Should I use Asynchronous Programming?

Many developers are given the task of optimizing application code for efficiency and too often, I have seen developers getting drawn towards asynchronous programming only by hearing the magic words — “Asynchronous programming allows you to run code concurrently”, they start to believe that multiple parts of their code will be able to run in parallel, enabling them to execute multiple tasks together. While this is certainly possible, it is important to understand what parts of the code are eligible to run together.

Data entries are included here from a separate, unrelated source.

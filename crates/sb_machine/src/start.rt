//! A machine at the start of a loaded bundle.

ghost use Rattle.std.specs.Prelude.{ℕ, ◌≡◌, ◌≢◌, ◌<◌, ◌≤◌, [], IfOk, None, length};
ghost use Rattle.sb_abi.specs.declared.space.TheConstants.{WINDOW_THREADS};
ghost use Rattle.sb_root.specs.Root.{eptp_list_frame};
ghost use Rattle.sb_root.specs.Standing.{Stands};
ghost use Rattle.sb_load.specs.FirstState.{first_state};
ghost use Rattle.sb_machine.specs.Ran.{HasRun};
ghost use Rattle.sb_machine.specs.Start.{first_core, first_cores};

use crate::parts::Parts;
use crate::processor::{Core, CoreState};
use sb_abi::FIRST_ROOT;
use sb_bundle::CoreStart;
use sb_frames::FrameBook;
use sb_load::Loaded;
use sb_memory::{Memory, PAGE_SIZE};
use sb_root::RootKernel;
use sb_state::{EndKind, start_registers};
use sb_sub::SubKernel;
use std::alloc::{AllocError, Global};

/// The core of a thread at its start.
#[tactic(auto, using(crate::proofs::Begun::list_word, crate::proofs::Begun::list_is))]
fn first_core(memory: &Memory, root: &RootKernel, thread: u8, start: &CoreStart) -> Core
    requires thread { thread < WINDOW_THREADS }
    requires list { eptp_list_frame root.now thread ≢ None }
    requires stands { Stands root.now memory.now }
    ensures { result ≡ first_core memory.now root.now thread start.now }
{
    let list = root.list_frame(thread);
    let state = CoreState {
        regs: start_registers(u32::from(thread), start.entry),
        eptp: memory.word(list.word(0)),
        cr3: PAGE_SIZE * (u64::from(FIRST_ROOT) + u64::from(start.process)),
        list,
        view: 0,
        phase: None,
        made: 0,
    };
    Core {
        state,
        end: EndKind::Running,
        origin: None,
    }
}

/// The cores of all threads at their start.
fn first_cores(
    alloc: Global,
    memory: &Memory,
    root: &RootKernel,
    starts: &[CoreStart],
) -> Result<Vec<Core>, AllocError>
    requires few { length starts.now ≤ WINDOW_THREADS }
    requires lists { (thread : ℕ) → thread < length starts.now → eptp_list_frame root.now thread ≢ None }
    requires stands { Stands root.now memory.now }
    ensures { IfOk result (λ cores. cores.items ≡ first_cores memory.now root.now 0 starts.now) }
{
    let mut cores = Vec::new(alloc);
    for (thread, start) in starts.iter().enumerate() {
        cores.push(first_core(memory, root, thread as u8, start))?;
    }
    Ok(cores)
}

/// The parts of a machine at the start of a loaded bundle: memory of its frames, the two kernels, and the cores, none of which
/// has made a line.
///
/// # Errors
///
/// Want of memory alone.
pub fn first_parts(alloc: Global, loaded: &Loaded) -> Result<Parts, AllocError>
    ensures { IfOk result (λ parts. HasRun parts loaded.now [] [] (first_state loaded.now)) }
{
    let bundle = loaded.bundle();
    let mut memory = Memory::new(alloc, bundle.frames)?;
    let mut book = FrameBook::new(alloc, bundle.frames)?;
    let mut root = RootKernel::new(&mut memory);
    let kernel = SubKernel::new(alloc, loaded, &mut memory, &mut book, &mut root)?;
    let cores = first_cores(alloc, &memory, &root, bundle.cores.items())?;
    Ok(Parts {
        memory,
        book,
        root,
        kernel,
        cores,
    })
}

I will be talking about how to recognize when your application can benefit from asynchronous programming and also when it won’t make any difference. For that, you must understand the concept of asynchronous programming. The simplest way by which I explain it to new discoverers is that —

“Think of a fly buzzing on the surface of your screen in a circle around your code. This fly jumps from function to function that you have defined and executes only a few lines of each function and then jumps to another and repeats this over the same functions again and again till they finish execution completely. It basically gives ‘Processor time’ to a function for a while and then passes it to the next function, allowing concurrent sharing of Processor without making the functions wait for completion of other functions. And this passing of ‘Processor time’ can be scheduled by the programmers at times when the function being executed no longer needs the processor”

The circle it’s making called an event loop. Relax it’s not an actual fly.

This is where people stop understanding the concept behind asynchronous programming. They say — “A function stops needing the Processor only when it finishes execution, so when and how will all functions share it?”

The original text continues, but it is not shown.